-- What you should do --
All records should be written out again exactly.

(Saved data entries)
○ ○ ○ ○ ○

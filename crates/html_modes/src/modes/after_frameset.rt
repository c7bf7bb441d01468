//! The "after frameset" insertion mode (HTML Standard, section 13.2.6.4.19).
ghost use Rattle.std.specs.Prelude.{◌≡◌};
ghost use Rattle.html_rules.specs.Modes.AfterFrameset.{after_frameset};
ghost use Rattle.html_modes.specs.Tables.{rows_of};

use crate::table::Action::{AppendComment, AppendText, Nothing, ParseError, SwitchTo};
use crate::table::Class::{AnythingElse, Comment, EndOfFile, EndTags, StartTags, WhiteSpace};
use crate::table::Conclusion::{Done, Using};
use crate::table::{Row, row};
use html_rules::{InsertionMode, TagSet};

const AFTER_FRAMESET: &[Row] = &[
    row!(WhiteSpace, [AppendText], Done),
    row!(Comment, [AppendComment], Done),
    row!(
        StartTags(TagSet::Html),
        [Nothing],
        Using(InsertionMode::InBody)
    ),
    row!(
        EndTags(TagSet::Html),
        [SwitchTo(InsertionMode::AfterAfterFrameset)],
        Done
    ),
    row!(
        StartTags(TagSet::Noframes),
        [Nothing],
        Using(InsertionMode::InHead)
    ),
    row!(EndOfFile, [Nothing], Done),
    row!(AnythingElse, [ParseError], Done),
];

/// The rows.
pub(crate) fn rows() -> &'static [Row]
    ensures { rows_of result.now ≡ after_frameset }
{
    AFTER_FRAMESET
}
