//! The "in template" insertion mode (HTML Standard, section 13.2.6.4.16).
ghost use Rattle.std.specs.Prelude.{◌≡◌};
ghost use Rattle.html_rules.specs.Modes.InTemplate.{in_template};
ghost use Rattle.html_modes.specs.Tables.{rows_of};

use crate::table::Action::{
    ClearToMarker, Nothing, ParseError, PopTemplateMode, PopUntil, ResetMode, SetTemplateMode,
};
use crate::table::Class::{
    AnyStartTag, AnythingElse, Character, Comment, EndOfFile, EndTags, StartTags,
};
use crate::table::Conclusion::{Done, Reprocess, ReprocessInMode, Using};
use crate::table::Condition::TemplateOpen;
use crate::table::{Row, row};
use html_rules::{InsertionMode, TagSet};

const IN_TEMPLATE: &[Row] = &[
    row!(Character, [Nothing], Using(InsertionMode::InBody)),
    row!(Comment, [Nothing], Using(InsertionMode::InBody)),
    row!(
        StartTags(TagSet::HeadContent),
        [Nothing],
        Using(InsertionMode::InHead)
    ),
    row!(
        EndTags(TagSet::Template),
        [Nothing],
        Using(InsertionMode::InHead)
    ),
    row!(
        StartTags(TagSet::TableTemplate),
        [SetTemplateMode(InsertionMode::InTable)],
        Reprocess(InsertionMode::InTable)
    ),
    row!(
        StartTags(TagSet::Col),
        [SetTemplateMode(InsertionMode::InColumnGroup)],
        Reprocess(InsertionMode::InColumnGroup)
    ),
    row!(
        StartTags(TagSet::Tr),
        [SetTemplateMode(InsertionMode::InTableBody)],
        Reprocess(InsertionMode::InTableBody)
    ),
    row!(
        StartTags(TagSet::TdTh),
        [SetTemplateMode(InsertionMode::InRow)],
        Reprocess(InsertionMode::InRow)
    ),
    row!(
        AnyStartTag,
        [SetTemplateMode(InsertionMode::InBody)],
        Reprocess(InsertionMode::InBody)
    ),
    row!(EndOfFile, if TemplateOpen, [ParseError, PopUntil(TagSet::Template), ClearToMarker, PopTemplateMode, ResetMode], ReprocessInMode),
    row!(EndOfFile, [Nothing], Done),
    row!(AnythingElse, [ParseError], Done),
];

/// The rows.
pub(crate) fn rows() -> &'static [Row]
    ensures { rows_of result.now ≡ in_template }
{
    IN_TEMPLATE
}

○ ○ ○ ○ ○

-- Answer section --
filename crates/html_modes/src/modes/after_frameset.rt
repository c7bf7bb441d01468
//! The "after frameset" insertion mode (HTML Standard, section 13.2.6.4.19).
ghost use Rattle.std.specs.Prelude.{◌≡◌};
ghost use Rattle.html_rules.specs.Modes.AfterFrameset.{after_frameset};
ghost use Rattle.html_modes.specs.Tables.{rows_of};

use crate::table::Action::{AppendComment, AppendText, Nothing, ParseError, SwitchTo};
use crate::table::Class::{AnythingElse, Comment, EndOfFile, EndTags, StartTags, WhiteSpace};
use crate::table::Conclusion::{Done, Using};
use crate::table::{Row, row};
use html_rules::{InsertionMode, TagSet};

const AFTER_FRAMESET: &[Row] = &[
    row!(WhiteSpace, [AppendText], Done),
    row!(Comment, [AppendComment], Done),
    row!(
        StartTags(TagSet::Html),
        [Nothing],
        Using(InsertionMode::InBody)
    ),
    row!(
        EndTags(TagSet::Html),
        [SwitchTo(InsertionMode::AfterAfterFrameset)],
        Done
    ),
    row!(
        StartTags(TagSet::Noframes),
        [Nothing],
        Using(InsertionMode::InHead)
    ),
    row!(EndOfFile, [Nothing], Done),
    row!(AnythingElse, [ParseError], Done),
];

/// The rows.
pub(crate) fn rows() -> &'static [Row]
    ensures { rows_of result.now ≡ after_frameset }
{
    AFTER_FRAMESET
}
//! The "in template" insertion mode (HTML Standard, section 13.2.6.4.16).
ghost use Rattle.std.specs.Prelude.{◌≡◌};
ghost use Rattle.html_rules.specs.Modes.InTemplate.{in_template};
ghost use Rattle.html_modes.specs.Tables.{rows_of};

use crate::table::Action::{
    ClearToMarker, Nothing, ParseError, PopTemplateMode, PopUntil, ResetMode, SetTemplateMode,
};
use crate::table::Class::{
    AnyStartTag, AnythingElse, Character, Comment, EndOfFile, EndTags, StartTags,
};
use crate::table::Conclusion::{Done, Reprocess, ReprocessInMode, Using};
use crate::table::Condition::TemplateOpen;
use crate::table::{Row, row};
use html_rules::{InsertionMode, TagSet};

const IN_TEMPLATE: &[Row] = &[
    row!(Character, [Nothing], Using(InsertionMode::InBody)),
    row!(Comment, [Nothing], Using(InsertionMode::InBody)),
    row!(
        StartTags(TagSet::HeadContent),
        [Nothing],
        Using(InsertionMode::InHead)
    ),
    row!(
        EndTags(TagSet::Template),
        [Nothing],
        Using(InsertionMode::InHead)
    ),
    row!(
        StartTags(TagSet::TableTemplate),
        [SetTemplateMode(InsertionMode::InTable)],
        Reprocess(InsertionMode::InTable)
    ),
    row!(
        StartTags(TagSet::Col),
        [SetTemplateMode(InsertionMode::InColumnGroup)],
        Reprocess(InsertionMode::InColumnGroup)
    ),
    row!(
        StartTags(TagSet::Tr),
        [SetTemplateMode(InsertionMode::InTableBody)],
        Reprocess(InsertionMode::InTableBody)
    ),
    row!(
        StartTags(TagSet::TdTh),
        [SetTemplateMode(InsertionMode::InRow)],
        Reprocess(InsertionMode::InRow)
    ),
    row!(
        AnyStartTag,
        [SetTemplateMode(InsertionMode::InBody)],
        Reprocess(InsertionMode::InBody)
    ),
    row!(EndOfFile, if TemplateOpen, [ParseError, PopUntil(TagSet::Template), ClearToMarker, PopTemplateMode, ResetMode], ReprocessInMode),
    row!(EndOfFile, [Nothing], Done),
    row!(AnythingElse, [ParseError], Done),
];

/// The rows.
pub(crate) fn rows() -> &'static [Row]
    ensures { rows_of result.now ≡ in_template }
{
    IN_TEMPLATE
}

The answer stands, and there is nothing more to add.